What is required
Go through the data and copy every line in which "apart" appears.

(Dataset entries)

--

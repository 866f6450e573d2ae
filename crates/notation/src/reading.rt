// From a line to a statement. A line whose second word is `:` is a certificate; every other line is a question, told by its first words.
use crate::expected::Expected;
use crate::level;
use crate::statement::{Delegation, Question, Revocation, Statement};
use text::name::{Name, is_name};
use text::words;

// What the line says. One of spaces and a comment alone says nothing.
pub fn read(line: &[u8]) -> Result<Option<Statement>, Expected> {
    let words = words::split(line)?;
    match words.as_slice() {
        [] => Ok(None),
        [digest, sign, content @ ..] if is(sign, ":") => Ok(Some(certificate(digest, content)?)),
        [first, others @ ..] => Ok(Some(Statement::Question(question(first, others)?))),
    }
}

fn certificate(digest: &[u8], content: &[&[u8]]) -> Result<Statement, Expected> {
    match content {
        [_, verb, ..] if is(verb, ">") => {
            Ok(Statement::Delegation(delegation(digest, content)?))
        }
        [_, verb, ..] if is(verb, "revokes") => {
            Ok(Statement::Revocation(revocation(digest, content)?))
        }
        _ => Err(Expected::Certificate),
    }
}

// NAME : ISSUER > AUDIENCE LEVEL / SUBJECT
fn delegation(digest: &[u8], content: &[&[u8]]) -> Result<Delegation, Expected> {
    let [issuer, _, audience, level, sign, subject] = content else {
        return Err(Expected::Delegation);
    };
    if !is(sign, "/") {
        return Err(Expected::Delegation);
    }
    let power = level::named(level).ok_or(Expected::Level)?;
    if !are_names(&[digest, issuer, audience, subject]) {
        return Err(Expected::Delegation);
    }
    Ok(Delegation {
        digest: name(digest)?,
        issuer: name(issuer)?,
        audience: name(audience)?,
        power,
        subject: name(subject)?,
    })
}

// NAME : ISSUER revokes NAME
fn revocation(digest: &[u8], content: &[&[u8]]) -> Result<Revocation, Expected> {
    let [issuer, _, revoked] = content else {
        return Err(Expected::Revocation);
    };
    if !are_names(&[digest, issuer, revoked]) {
        return Err(Expected::Revocation);
    }
    Ok(Revocation {
        digest: name(digest)?,
        issuer: name(issuer)?,
        revoked: name(revoked)?,
    })
}

// Told by comparisons and not by patterns, which the check takes apart byte by byte.
fn question(first: &[u8], others: &[&[u8]]) -> Result<Question, Expected> {
    if is(first, "members") {
        let subject = one(others, Expected::Members)?;
        return Ok(Question::Members { subject });
    }
    if is(first, "power") {
        let (subject, key) = two(others, Expected::Power)?;
        return Ok(Question::Power { subject, key });
    }
    if is(first, "positive") {
        let (subject, key) = two(others, Expected::Positive)?;
        return Ok(Question::Positive { subject, key });
    }
    if is(first, "live") {
        let delegation = one(others, Expected::Live)?;
        return Ok(Question::Live { delegation });
    }
    if is(first, "conveys") {
        let delegation = one(others, Expected::Conveys)?;
        return Ok(Question::Conveys { delegation });
    }
    if is(first, "standing") {
        let delegation = one(others, Expected::Standing)?;
        return Ok(Question::Standing { delegation });
    }
    list_question(first, others)
}

// The questions whose answer is a list.
fn list_question(first: &[u8], others: &[&[u8]]) -> Result<Question, Expected> {
    if is(first, "closure") {
        let subject = one(others, Expected::Closure)?;
        return Ok(Question::Closure { subject });
    }
    if is(first, "graph") {
        let subject = one(others, Expected::Graph)?;
        return Ok(Question::Graph { subject });
    }
    if is(first, "certificates") {
        none(others, Expected::Certificates)?;
        return Ok(Question::Certificates);
    }
    if is(first, "subjects") {
        none(others, Expected::Subjects)?;
        return Ok(Question::Subjects);
    }
    match others {
        [second, names @ ..] => pair_question(first, second, names),
        [] => Err(Expected::Statement),
    }
}

// The questions that two words begin.
fn pair_question(first: &[u8], second: &[u8], names: &[&[u8]]) -> Result<Question, Expected> {
    if is(first, "revocations") && is(second, "of") {
        let certificate = one(names, Expected::RevocationsOf)?;
        return Ok(Question::RevocationsOf { certificate });
    }
    if is(first, "delegations") && is(second, "to") {
        let (subject, audience) = two(names, Expected::DelegationsTo)?;
        return Ok(Question::DelegationsTo { subject, audience });
    }
    Err(Expected::Statement)
}

fn is(word: &[u8], text: &'static str) -> bool {
    word == text.as_bytes()
}

fn none(words: &[&[u8]], wanted: Expected) -> Result<(), Expected> {
    if words.is_empty() {
        Ok(())
    } else {
        Err(wanted)
    }
}

// The one name that the words are, or else what is wanted of them.
fn one(words: &[&[u8]], wanted: Expected) -> Result<Name, Expected> {
    match words {
        [word] if are_names(words) => name(word),
        _ => Err(wanted),
    }
}

fn two(words: &[&[u8]], wanted: Expected) -> Result<(Name, Name), Expected> {
    match words {
        [first, second] if are_names(words) => Ok((name(first)?, name(second)?)),
        _ => Err(wanted),
    }
}

fn are_names(words: &[&[u8]]) -> bool {
    words.iter().all(|word| is_name(word))
}

// The name that a word is, which only its length can forbid.
fn name(word: &[u8]) -> Result<Name, Expected> {
    Name::new(word).ok_or(Expected::ShortName)
}
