// The text that people write certificates and questions in: document 01's own notation for specimens, a line for each. Everything here is
// total: whatever the bytes are, a line is a statement or is wrong for a reason that can be said.
#![tactic(auto)]

pub mod expected;
pub mod level;
pub mod reading;
pub mod statement;
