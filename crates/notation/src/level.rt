// The levels' names, as people write and read them.
use power_levels::power::Power;

pub fn name(power: Power) -> &'static str {
    match power {
        Power::Relay => "Relay",
        Power::Read => "Read",
        Power::Edit => "Edit",
        Power::Admin => "Admin",
    }
}

// The level that a word names, if it names one.
pub fn named(word: &[u8]) -> Option<Power> {
    match word {
        b"Relay" => Some(Power::Relay),
        b"Read" => Some(Power::Read),
        b"Edit" => Some(Power::Edit),
        b"Admin" => Some(Power::Admin),
        _ => None,
    }
}
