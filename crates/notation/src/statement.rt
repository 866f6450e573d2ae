// What a line says: a certificate or a question, each with the names that it has.
use power_levels::power::Power;
use text::name::Name;

#[derive(Clone, Copy)]
pub enum Statement {
    Delegation(Delegation),
    Revocation(Revocation),
    Question(Question),
}

// NAME : ISSUER > AUDIENCE LEVEL / SUBJECT
#[derive(Clone, Copy)]
pub struct Delegation {
    pub digest: Name,
    pub issuer: Name,
    pub audience: Name,
    pub power: Power,
    pub subject: Name,
}

// NAME : ISSUER revokes NAME
#[derive(Clone, Copy)]
pub struct Revocation {
    pub digest: Name,
    pub issuer: Name,
    pub revoked: Name,
}

#[derive(Clone, Copy)]
pub enum Question {
    Members { subject: Name },
    Power { subject: Name, key: Name },
    Positive { subject: Name, key: Name },
    Live { delegation: Name },
    Conveys { delegation: Name },
    Standing { delegation: Name },
    Closure { subject: Name },
    RevocationsOf { certificate: Name },
    DelegationsTo { subject: Name, audience: Name },
    Certificates,
    Subjects,
    Graph { subject: Name },
}
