// Places in the tables of keys, delegations and revocations, apart by type, and how many places each table has.
// specs/Limits.antt has the same numbers for contracts.
#![tactic(auto)]

pub const KEY_LIMIT: usize = keyline::limits::KEY_LIMIT;

pub const DELEGATION_LIMIT: usize = keyline::limits::DELEGATION_LIMIT;

pub const REVOCATION_LIMIT: usize = keyline::limits::REVOCATION_LIMIT;

// Relay, Read, Edit, Admin: a level is its rank.
pub const LEVEL_COUNT: usize = 4;

pub const RELAY: usize = 0;

pub const ADMIN: usize = 3;

#[derive(Clone, Copy)]
pub struct KeyPlace(pub usize);

#[derive(Clone, Copy)]
pub struct DelegationPlace(pub usize);

#[derive(Clone, Copy)]
pub struct RevocationPlace(pub usize);
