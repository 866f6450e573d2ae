// What a wrong line ought to have had, in words.
use text::line::{LINE_LENGTH, TooLong};
use text::name::NAME_LENGTH;
use text::words::WordsError;
use thiserror::Error;

#[derive(Clone, Copy, Debug, PartialEq, Eq, Error)]
pub enum Expected {
    #[error("a line of at most {length} bytes", length = LINE_LENGTH)]
    ShortLine,
    #[error("words of bytes that show, without quotes and backslashes")]
    PlainBytes,
    #[error("fewer words")]
    FewerWords,
    #[error("a certificate, NAME: .., or a question, as members SUBJECT; --help has them all")]
    Statement,
    #[error("NAME: ISSUER > AUDIENCE LEVEL / SUBJECT, or NAME: ISSUER revokes NAME")]
    Certificate,
    #[error("NAME: ISSUER > AUDIENCE LEVEL / SUBJECT")]
    Delegation,
    #[error("NAME: ISSUER revokes NAME")]
    Revocation,
    #[error("a level: Relay, Read, Edit or Admin")]
    Level,
    #[error("names of at most {length} bytes", length = NAME_LENGTH)]
    ShortName,
    // The question's own form.
    #[error("members SUBJECT")]
    Members,
    #[error("power SUBJECT KEY")]
    Power,
    #[error("positive SUBJECT KEY")]
    Positive,
    #[error("live NAME")]
    Live,
    #[error("conveys NAME")]
    Conveys,
    #[error("standing NAME")]
    Standing,
    #[error("closure SUBJECT")]
    Closure,
    #[error("revocations of NAME")]
    RevocationsOf,
    #[error("delegations to SUBJECT AUDIENCE")]
    DelegationsTo,
    #[error("certificates alone")]
    Certificates,
    #[error("subjects alone")]
    Subjects,
    #[error("graph SUBJECT")]
    Graph,
}

impl From<TooLong> for Expected {
    fn from(_why: TooLong) -> Self {
        Expected::ShortLine
    }
}

impl From<WordsError> for Expected {
    fn from(why: WordsError) -> Self {
        match why {
            WordsError::StrangeByte => Expected::PlainBytes,
            WordsError::TooMany => Expected::FewerWords,
        }
    }
}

--

Exercise response
// Told by comparisons and not by patterns, which the check takes apart byte by byte.
// Places in the tables of keys, delegations and revocations, apart by type, and how many places each table has.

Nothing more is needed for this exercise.